不知从什么时候起,恣烈就弯着腰,任她的小手,在不自觉中抚遍他的脸,他的眼睛毫无遮掩地显示着他的爱意,他紧紧地抓着自己的手,怕一个控制不住,就会把她深深地搂在怀中,惊到了她像孩子一样的探索,他如饥似渴地望着她的眉,她的眼,他像一个沙漠中久旱之人,恨不得把眼前的水喝进肚子里,永远不放出来!
万物之间,阴阳相生相克,水克火,火烧水,恣烈,是一片炽热火海,而泠凤,则是天地间,唯一的制火清泉,她是他的水,是天下间唯一能克制他烈性的人。
从第一眼开始,她已经像水一样,在他的身体中每一个部分流淌,她是他的生命。
“恣烈,这个名字太像你了,恣意又烈性,这个名字是谁取的?”她问。
“有一天我在梦里,听到有人叫我这个名字,所以从此我改名叫恣烈。”老天,让这一刻永远停止,不要让她收回她的手。
那时为了救拓山,他几乎死掉,在一片混沌的黑暗中,他听见一个声音叫着“恣烈!恣烈!”生生地把他从生死边缘拉了回来。
声音的主人看不见,却看见一双美丽的眼睛,那双眼睛他永世难忘,那是皇后的眼睛啊!这个名字既然是皇后给他起的,那么他从此便叫这个名字,听到这个名字从嘴里念出来,他觉得一切都值得了,为她,哪怕是杀尽天下人,他也在所不惜!

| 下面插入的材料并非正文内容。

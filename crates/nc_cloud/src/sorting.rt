ghost use Rattle.std.specs.Prelude.{◌≡◌, ◌-◌, ◌<◌, Contains, IfOk, IsPermutation, OnOk, false, length, slice_index_or, true};
ghost use Rattle.std.specs.Cmp.Lexicographic.{slice_cmp};
ghost use Rattle.std.specs.Ordering.{nat_cmp};
ghost use Rattle.std.specs.declared.cmp.Ordering.TheVariants.{Equal as Tied};
ghost use Rattle.nc_name.specs.declared.key.Key.{Key};
ghost use Rattle.nc_name.specs.Keys.{key_text};
ghost use Rattle.nc_cloud.specs.Cloud.{AreSorted, Ascend, IsBefore, key_order};

use crate::cloud::KeyList;
use nc_name::{Key, Memory};
use std::alloc::Global;
use std::cmp::Ordering;

/// The order of two keys by their parts.
fn parts_cmp(a: &Key, b: &Key) -> Ordering
    ensures { result ≡ key_order a.now b.now }
{
    match (a, b) {
        (
            Key::Chunk { name, slot, row },
            Key::Chunk {
                name: other,
                slot: s,
                row: r,
            },
        ) => {
            let rest = slot.cmp(s).then(row.cmp(r));
            name.bytes().cmp(other.bytes()).then(rest)
        }
        (
            Key::Meta { name, slot },
            Key::Meta {
                name: other,
                slot: s,
            },
        ) => { name.bytes().cmp(other.bytes()).then(slot.cmp(s)) }
        (Key::Chunk { .. }, Key::Meta { .. }) => Ordering::Less,
        (Key::Meta { .. }, Key::Chunk { .. }) => Ordering::Greater,
    }
}

/// The order of two keys by their texts.
pub fn key_cmp(a: &Key, b: &Key) -> Ordering
    ensures order { result ≡ slice_cmp nat_cmp (key_text a.now) (key_text b.now) }
    ensures same { result ≡ Tied → a.now ≡ b.now }
{
    let _first = a.name().bytes();
    let _second = b.name().bytes();
    parts_cmp(a, b)
}

/// Sorts keys by their texts.
fn sort(keys: &mut Vec<Key>) -> Result<(), Memory>
    ensures ascend { OnOk result (Ascend keys.new.items) }
    ensures same { IsPermutation keys.old.items keys.new.items }
{
    match keys.sort_by(|a, b| key_cmp(a, b)) {
        Ok(()) => Ok(()),
        Err(_) => Err(Memory),
    }
}

/// Whether a key of sorted ones isn't the one before it.
fn is_first(keys: &[Key], i: usize) -> bool
    requires within { i < length keys.now }
    requires ascend { Ascend keys.now }
    ensures yes { result ≡ true → 0 < i → (d : Key) → IsBefore (slice_index_or keys.now (i - 1) d) (slice_index_or keys.now i d) }
    ensures no { result ≡ false → (0 < i) × ((d : Key) → slice_index_or keys.now (i - 1) d ≡ slice_index_or keys.now i d) }
{
    if i == 0 {
        return true;
    }
    match key_cmp(&keys[i - 1], &keys[i]) {
        Ordering::Equal => false,
        Ordering::Less => true,
        Ordering::Greater => true,
    }
}

/// Each of sorted keys once.
fn each_once(alloc: Global, keys: &[Key]) -> Result<KeyList, Memory>
    requires { Ascend keys.now }
    ensures sorted { IfOk result AreSorted }
    ensures all { IfOk result (λ list. (q : Key) → Contains keys.now q → Contains list q) }
    ensures only { IfOk result (λ list. (q : Key) → Contains list q → Contains keys.now q) }
{
    let mut list = KeyList::new(alloc);
    for i in 0..keys.len() {
        if is_first(keys, i) {
            list.push(keys[i])?;
        }
    }
    Ok(list)
}

/// These keys, sorted by their texts, each once.
pub fn sorted_keys(alloc: Global, mut keys: Vec<Key>) -> Result<KeyList, Memory>
    ensures sorted { IfOk result AreSorted }
    ensures all { IfOk result (λ list. (q : Key) → Contains keys.items q → Contains list q) }
    ensures only { IfOk result (λ list. (q : Key) → Contains list q → Contains keys.items q) }
{
    sort(&mut keys)?;
    each_once(alloc, &keys)
}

鸟虫无声,天地静阗,如果时间就此停住,是不是一切就能避免。
喵!
一只猫儿飞快地从两人中间跳过,把泠凤吓了一跳,发现自己的手竟然不知什么时候爬到他的头上,“呀!”飞快地缩回手,脸马上红到脖子,天!她什么时候对一个臣子竟然做出这样匪夷所思的举动了?
遗憾地看着她收回手,恣烈站直身子,再一次这样的亲密举动不知要到什么时候了。
“那只猫真可爱,是不是?”泠凤干笑道,企图缓解尴尬的气氛,可是她不住拧着的手泄露了她的心情。
“你喜欢猫?”恣烈道:“我有一只猫,刚刚出生不久,是人家送的,白白的毛,蓝得像蓝宝石一样的眼睛,叫起来像什么似的,绵绵的,我一个男人不会养……”
“啊!送给我吧。”泠凤马上抬起头来,对上他含笑的眼,几乎失了神,定定神又道:“我一直想养一只猫,只是我一开口,那些人一定会把全天下的猫找来让我挑,劳民伤财,所以不如就你府上那只猫就好了。”
“好。我明天就让人把猫给你带来。”
“上次你说军粮的事,我看过了,这样大热的天,干饽饽只能保存两天,第三天就发酸,然后就发酵,如果是在行军途中,饽饽是不太可能作为军粮的,那么你们究竟吃的是什么呢?”
“如果是在驻营地,那么吃的和一般人家差不多,不外乎米面,煮了就是,但是在长途作战中,我们就是吃干面,有时将干面弄成块状,肚子饿时充饥,有时是黑豆面、高粱面……”军中万里行军,哪里顿顿都能吃得上米面,饿肚子是常有,没有军粮时,吃什么?人肉!渴得快要死了,喝什么?那就更加不用说了,喝尿喝人血,对于他来说,再正常不过,说起军队生活,残酷之状不下万千,但是对于她,他只想让她知道不打紧的那一部分,不希望让她看到极端残酷而可怖的一面。
“是吗?”她睁大眼睛,干面?那是什么?
望着她好奇的眼睛,他笑了笑,只说起军队中有趣的事,不想惊到她像白莲花一样洁白的心灵。
时间一点一点过去,不知不觉,竟然已经月偏西了,夏日虽热,然而御苑地处山间,山风吹来有些凉意了,注意到她轻轻打了个颤,他垂下眼睛,这样的时间过得总是最快的。
灯,早已经熄了,现在照着他们的是头顶的月光。
“时间迟啦,娘娘想知道外面的世界,等有空了,我知无不言,现在我送你到御苑门口吧。”取下灯盏,一只手扶住她的手臂,两人在月下穿行,月在云间穿行。
一路无话,她不知该说什么,她不能承认自己对今晚发生的一切感到新奇又喜欢,她是皇后,走出御花园,她是上,他是下,她的心里只能有皇上,绝不能有一个臣子的半分影子!
守在御花园处的武惠早就急得要跳脚上,见皇后一个人出来,松了口气,领着宫女们迎上前去,恣烈早在看到灯火时,就无声隐在暗处,泠凤朝那儿抛去最后一眼,头也不回地离去了。
今晚的一切,随风而逝吧。
可是在恣烈的心中,却永远忘不了,她的小手在他脸上抚摸时的柔嫩感,像一片刚盛开的芙蓉花瓣,带着一阵女子的香馨,触在他脸上,钻进他心底。